Why you can’t always trust the Hardware Compatibility List (HCL)

Late last year, I started on a project to replace my workplace’s main AFP/SMB/NFS file storage.  Due to already having good experiences with Synology gear, knowing DSM well, and knowing other macadmins happy with their Synos, I ordered storage and built a system that should perform quite well:

  • Synology 3614RPXS unit
  • 10 HGST 7k4000 4TB drives
  • 2 250gig SSD drives
  • 10 Gig SFP+ card, fiber networking back to the switches.
  • +16 Gigs ECC RAM

All taken from the Synology HCL- so I was ready to rock.  I built it as a RAID6, started copying files, and everything was looking good.  Once I’d moved a few TB onto the NAS, I started checking out consecutive read speeds from the NAS, and found an unexpected behavior:  the reads would often saturate a GigE connection as you’d expect, until they didn’t- large transfers would look like Image

When it’s great, it’s great.  When it wasn’t it wasn’t.  REALLY wasn’t.  It would run for about 90 seconds at full tilt, then 20 of nearly nothing.

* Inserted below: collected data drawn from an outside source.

//! The types that expressions have by themselves (3.3.1).

ghost use Rattle.std.specs.Prelude.{◌≡◌};
ghost use Rattle.sfc_text.specs.Trees.{tree_of};
ghost use Rattle.sfc_check.specs.Naturals as naturals;

use crate::family::{Family, family_of, operator_of};
use crate::referent::Referent;
use crate::scope::Scope;
use sfc_base::var_type::VarType;
use sfc_text::expression::Expression;
use sfc_text::tree::Literal;

/// The natural type of an expression: none of an integer without a type, nor of a name that is not found.
pub fn natural<S: Scope>(expression: &Expression, scope: &S) -> Option<VarType>
    ensures { result ≡ naturals.natural (S.names scope.now) (tree_of expression.now) }
{
    match expression {
        Expression::Literal(literal, _) => literal_type(*literal),
        Expression::Variable(name) => Some(Referent::of_name(name, scope)?.var_type()),
        Expression::Not(_, _) => Some(VarType::Bool),
        Expression::Minus(_, operand) => natural(operand, scope),
        Expression::Binary(operator, _, left, right) => match family_of(operator_of(*operator)) {
            Family::Sum | Family::Product => match natural(left, scope) {
                Some(var_type) => Some(var_type),
                None => natural(right, scope),
            },
            Family::Logical | Family::Equality | Family::Order => Some(VarType::Bool),
        },
    }
}

/// The type that a literal was written with.
pub fn literal_type(literal: Literal) -> Option<VarType>
    ensures { result ≡ naturals.literal_type literal }
{
    match literal {
        Literal::Integer(_) => None,
        Literal::Int(_) => Some(VarType::Int),
        Literal::Dint(_) => Some(VarType::Dint),
        Literal::Bool(_) => Some(VarType::Bool),
        Literal::Time(_) => Some(VarType::Time),
    }
}
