//! Faults of a text with the bytes that are at fault. Contracts see the fault alone.

use crate::detail::{Detail, detail_of, place_of};
use crate::scope::Scope;
use crate::type_error::TypeError;
use sfc_base::var_type::VarType;
use sfc_events::load_error::LoadError;
use sfc_text::expression::Expression;
use sfc_tokens::span::{NOWHERE, Span};
use std::alloc::{AllocError, AllocFailed};
use std::marker::Model;

/// A type fault, the bytes that are at fault, and what is told of it beside; want of memory has neither.
#[derive(Debug, Drop)]
pub struct PlacedTypeError {
    error: TypeError,
    span: Span,
    detail: Detail,
}

impl Model for PlacedTypeError {
    ghost use Rattle.sfc_check.specs.declared.type_error.TypeError.{TypeError};

    ghost Value = { TypeError };

    ghost view = { λ fault. fault.error };
}

/// A fault that loading finds, the bytes that are at fault, and what is told of it beside; want of memory has neither.
#[derive(Debug, Drop)]
pub struct PlacedLoadError {
    error: LoadError,
    span: Span,
    detail: Detail,
}

impl Model for PlacedLoadError {
    ghost use Rattle.sfc_events.specs.declared.load_error.LoadError.{LoadError};

    ghost Value = { LoadError };

    ghost view = { λ fault. fault.error };
}

ghost use Rattle.std.specs.Prelude.{◌≡◌};
ghost use Rattle.sfc_check.specs.declared.type_error.TypeError.TheVariants as type_error;
ghost use Rattle.sfc_events.specs.declared.load_error.LoadError.TheVariants as load_error;
ghost use Rattle.sfc_check.specs.TypeFaults.{of_type_error};

impl PlacedTypeError {
    /// The fault at these bytes, of which no more is told.
    pub fn new(error: TypeError, span: Span) -> PlacedTypeError
        ensures { result ≡ error }
    {
        PlacedTypeError::told(error, span, Detail::Nothing)
    }

    /// The fault at these bytes, of which this is told.
    pub fn told(error: TypeError, span: Span, detail: Detail) -> PlacedTypeError
        ensures { result ≡ error }
    {
        PlacedTypeError {
            error,
            span,
            detail,
        }
    }

    /// The fault.
    pub fn error(&self) -> TypeError
        ensures { result ≡ self.now }
    {
        self.error
    }

    /// The bytes that are at fault.
    pub fn span(&self) -> Span {
        self.span
    }

    /// What is told of it beside.
    pub fn detail(&self) -> Detail {
        self.detail
    }
}

impl PlacedLoadError {
    /// The fault at these bytes, of which no more is told.
    pub fn new(error: LoadError, span: Span) -> PlacedLoadError
        ensures { result ≡ error }
    {
        PlacedLoadError::told(error, span, Detail::Nothing)
    }

    /// The fault at these bytes, of which this is told.
    pub fn told(error: LoadError, span: Span, detail: Detail) -> PlacedLoadError
        ensures { result ≡ error }
    {
        PlacedLoadError {
            error,
            span,
            detail,
        }
    }

    /// The fault.
    pub fn error(&self) -> LoadError
        ensures { result ≡ self.now }
    {
        self.error
    }

    /// The bytes that are at fault.
    pub fn span(&self) -> Span {
        self.span
    }

    /// What is told of it beside.
    pub fn detail(&self) -> Detail {
        self.detail
    }

    // The same fault; at these bytes where it has none.
    fn within(self, span: Span) -> PlacedLoadError
        ensures { result ≡ self }
    {
        if self.span == NOWHERE {
            return PlacedLoadError::told(self.error, span, self.detail);
        }
        self
    }
}

/// What was checked of an expression itself, apart from its operands, or its type fault there.
pub(crate) fn typed_at<T, S: Scope>(
    checked: Result<T, TypeError>,
    expression: &Expression,
    scope: &S,
    wanted: VarType,
) -> Result<T, PlacedTypeError>
    ensures { result ≡ checked }
{
    match checked {
        Ok(value) => Ok(value),
        Err(error) => {
            let detail = detail_of(expression, scope, wanted);
            Err(PlacedTypeError::told(error, place_of(expression), detail))
        }
    }
}

/// What was checked, or its type fault at these bytes, of which no more is told.
pub fn checked_at<T>(checked: Result<T, TypeError>, span: Span) -> Result<T, PlacedTypeError>
    ensures { result ≡ checked }
{
    match checked {
        Ok(value) => Ok(value),
        Err(error) => Err(PlacedTypeError::new(error, span)),
    }
}

/// What was loaded, or its fault at these bytes.
pub fn loaded_at<T>(loaded: Result<T, LoadError>, span: Span) -> Result<T, PlacedLoadError>
    ensures { result ≡ loaded }
{
    match loaded {
        Ok(value) => Ok(value),
        Err(error) => Err(PlacedLoadError::new(error, span)),
    }
}

/// What was loaded, or its fault, which is at these bytes where it has none.
pub fn loaded_within<T>(
    loaded: Result<T, PlacedLoadError>,
    span: Span,
) -> Result<T, PlacedLoadError>
    ensures { result ≡ loaded }
{
    match loaded {
        Ok(value) => Ok(value),
        Err(fault) => Err(fault.within(span)),
    }
}

impl From<AllocError> for PlacedTypeError {
    ghost from_gives = { λ _ fault. fault ≡ type_error.Memory };

    fn from(_error: AllocError) -> PlacedTypeError {
        PlacedTypeError::new(TypeError::Memory, NOWHERE)
    }
}

impl<T: Drop> From<AllocFailed<T>> for PlacedTypeError {
    ghost from_gives = { λ _ fault. fault ≡ type_error.Memory };

    fn from(_error: AllocFailed<T>) -> PlacedTypeError {
        PlacedTypeError::new(TypeError::Memory, NOWHERE)
    }
}

impl From<AllocError> for PlacedLoadError {
    ghost from_gives = { λ _ fault. fault ≡ load_error.Memory };

    fn from(_error: AllocError) -> PlacedLoadError {
        PlacedLoadError::new(LoadError::Memory, NOWHERE)
    }
}

impl<T: Drop> From<AllocFailed<T>> for PlacedLoadError {
    ghost from_gives = { λ _ fault. fault ≡ load_error.Memory };

    fn from(_error: AllocFailed<T>) -> PlacedLoadError {
        PlacedLoadError::new(LoadError::Memory, NOWHERE)
    }
}

/// The refusal that a type fault is, at the same bytes.
impl From<PlacedTypeError> for PlacedLoadError {
    ghost from_gives = { λ fault refused. refused ≡ of_type_error fault };

    fn from(fault: PlacedTypeError) -> PlacedLoadError {
        PlacedLoadError::told(LoadError::from(fault.error()), fault.span(), fault.detail())
    }
}
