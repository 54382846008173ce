//! Steps with their action blocks (2.6.2, 2.6.4).

use crate::sheet::Sheet;
use sfc_base::references::Variable;
use sfc_page::append::{append, append_time};
use sfc_plant::association::{Association, Qualifier, Time};
use sfc_plant::chart::Step;
use sfc_plant::names::Names;
use std::alloc::AllocError;

// A qualifier, with its time where it has one.
fn append_qualifier(
    out: &mut Vec<u8>,
    names: &Names<'_>,
    qualifier: Qualifier,
) -> Result<(), AllocError> {
    append(out, qualifier.letters())?;
    match qualifier {
        Qualifier::Timed(_, Time::Literal(micros)) => {
            append(out, b" ")?;
            append_time(out, micros)
        }
        Qualifier::Timed(_, Time::Variable(variable)) => {
            append(out, b" ")?;
            append(out, names.variable(variable))
        }
        _ => Ok(()),
    }
}

// A cell of an action block.
fn append_cell(out: &mut Vec<u8>, text: &[u8]) -> Result<(), AllocError> {
    append(out, b"<td align=\"left\">")?;
    append(out, text)?;
    append(out, b"</td>")
}

// A cell for each indicator.
fn append_indicators(
    out: &mut Vec<u8>,
    names: &Names<'_>,
    indicators: &[Variable],
) -> Result<(), AllocError> {
    for indicator in indicators {
        append_cell(out, names.variable(*indicator))?;
    }
    Ok(())
}

// A line of an action block: the qualifier, the action, the indicators.
fn append_association(
    out: &mut Vec<u8>,
    names: &Names<'_>,
    association: &Association,
) -> Result<(), AllocError> {
    append(out, b"<tr><td>")?;
    append_qualifier(out, names, association.qualifier)?;
    append(out, b"</td>")?;
    append_cell(out, names.target(association.target))?;
    append_indicators(out, names, association.indicators.as_slice())?;
    append(out, b"</tr>")
}

// The lines of an action block.
fn append_lines(
    out: &mut Vec<u8>,
    names: &Names<'_>,
    associations: &[Association],
) -> Result<(), AllocError> {
    for association in associations {
        append_association(out, names, association)?;
    }
    Ok(())
}

// The action block at the side of a step, where it has one.
fn append_block(
    out: &mut Vec<u8>,
    names: &Names<'_>,
    associations: &[Association],
) -> Result<(), AllocError> {
    if associations.is_empty() {
        return Ok(());
    }
    append(
        out,
        b"<td border=\"0\" cellpadding=\"0\"><table border=\"0\" cellborder=\"1\" cellspacing=\"0\" cellpadding=\"4\">",
    )?;
    append_lines(out, names, associations)?;
    append(out, b"</table></td>")
}

// The name of a step, and its time where it is active.
fn append_name(out: &mut Vec<u8>, name: &[u8], active_for: Option<i64>) -> Result<(), AllocError> {
    append(out, name)?;
    match active_for {
        None => Ok(()),
        Some(micros) => {
            append(out, b"<br/>")?;
            append_time(out, micros)
        }
    }
}

// What stands in the box of a step: a second border where it is initial.
fn append_inside(
    out: &mut Vec<u8>,
    step: &Step,
    active_for: Option<i64>,
) -> Result<(), AllocError> {
    if !step.is_initial {
        return append_name(out, step.name.spelling(), active_for);
    }
    append(
        out,
        b"<table border=\"1\" cellborder=\"0\" cellspacing=\"0\" cellpadding=\"4\"><tr><td>",
    )?;
    append_name(out, step.name.spelling(), active_for)?;
    append(out, b"</td></tr></table>")
}

// The box of a step, filled where it is active.
fn append_box(out: &mut Vec<u8>, step: &Step, active_for: Option<i64>) -> Result<(), AllocError> {
    append(out, b"<td port=\"s\"")?;
    if step.is_initial {
        append(out, b" cellpadding=\"3\"")?;
    }
    if active_for.is_some() {
        append(out, b" bgcolor=\"#ffe082\"")?;
    }
    append(out, b">")?;
    append_inside(out, step, active_for)?;
    append(out, b"</td>")
}

/// Puts a step: its box, with a double border where it is initial and filled where it is active, and its action block at the side. The one
/// error is that memory was refused; then a front of it may stand there.
pub fn append_step(
    out: &mut Vec<u8>,
    sheet: &Sheet<'_>,
    number: usize,
    step: &Step,
) -> Result<(), AllocError> {
    append(out, b"    ")?;
    sheet.append_node(out, b"s", number)?;
    append(
        out,
        b" [label=<<table border=\"0\" cellborder=\"1\" cellspacing=\"0\" cellpadding=\"6\"><tr>",
    )?;
    append_box(out, step, sheet.active_for(number))?;
    append_block(out, &sheet.names, step.associations.as_slice())?;
    append(out, b"</tr></table>>]\n")
}
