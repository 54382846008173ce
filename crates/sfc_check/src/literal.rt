//! Literals of a wanted type (2.2, 3.3.1).

ghost use Rattle.std.specs.Prelude.{Ok};
ghost use Rattle.sfc_check.specs.Checking as checking;
ghost use Rattle.sfc_check.specs.TypeFaults.{GivesExactly};

use crate::type_error::TypeError;
use sfc_base::value::Value;
use sfc_base::var_type::VarType;
use sfc_expr::number::in_type;
use sfc_text::tree::Literal;

/// The value of a literal as one of the wanted type: `WrongType` where it was written with another type, `LiteralRange`
/// where it doesn't fit. An integer without a type takes the wanted one; 0 and 1 are FALSE and TRUE.
pub fn check_literal(literal: Literal, wanted: VarType) -> Result<Value, TypeError>
    ensures { GivesExactly (λ x. x) result (checking.checked_literal literal wanted) }
{
    match literal {
        Literal::Integer(n) => check_integer(n, wanted),
        Literal::Int(n) => check_number(VarType::Int, n, wanted),
        Literal::Dint(n) => check_number(VarType::Dint, n, wanted),
        Literal::Bool(truth) => {
            want(VarType::Bool, wanted)?;
            Ok(Value::Bool(truth))
        }
        Literal::Time(time) => check_number(VarType::Time, time.micros(), wanted),
    }
}

/// That a type is the wanted one.
pub(crate) fn want(found: VarType, wanted: VarType) -> Result<(), TypeError>
    ensures { GivesExactly (λ x. x) result (checking.if_wanted found wanted (Ok tt)) }
{
    if found != wanted {
        return Err(TypeError::WrongType);
    }
    Ok(())
}

// The value of a number that was written with a type, which has to be the wanted one.
fn check_number(written: VarType, n: i64, wanted: VarType) -> Result<Value, TypeError>
    ensures { GivesExactly (λ x. x) result (checking.if_wanted written wanted (checking.fitting written n)) }
{
    want(written, wanted)?;
    fitting(written, n)
}

// The value of an integer without a type as one of the wanted type.
fn check_integer(n: i64, wanted: VarType) -> Result<Value, TypeError>
    ensures { GivesExactly (λ x. x) result (checking.checked_integer n wanted) }
{
    match wanted {
        VarType::Bool if n == 0 => Ok(Value::Bool(false)),
        VarType::Bool if n == 1 => Ok(Value::Bool(true)),
        VarType::Bool => Err(TypeError::LiteralRange),
        VarType::Int | VarType::Dint => fitting(wanted, n),
        VarType::Time => Err(TypeError::WrongType),
    }
}

// The number as a value of the type, which it has to fit.
fn fitting(var_type: VarType, n: i64) -> Result<Value, TypeError>
    ensures { GivesExactly (λ x. x) result (checking.fitting var_type n) }
{
    match in_type(var_type, n) {
        Ok(value) => Ok(value),
        Err(_) => Err(TypeError::LiteralRange),
    }
}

During these file copies, the overall Volume Utilization levels would ebb and flow with an inverse relationship with speed.  When volume utilization approaches and hits 100%, the network speed plummets.Pasted_Image_3_11_15__10_15_AM

So the question became “why does the volume utilization go so high?” I started a ticket with Synology on Feb 2.  I did their tests and requested configuration changes- direct GigE connections to take the LAN out of the equation, SMB/AFP/NFS, disabling every service that makes the NAS a compelling product.  This stumped the U.S. based support, so it became an issue for the .tw engineers.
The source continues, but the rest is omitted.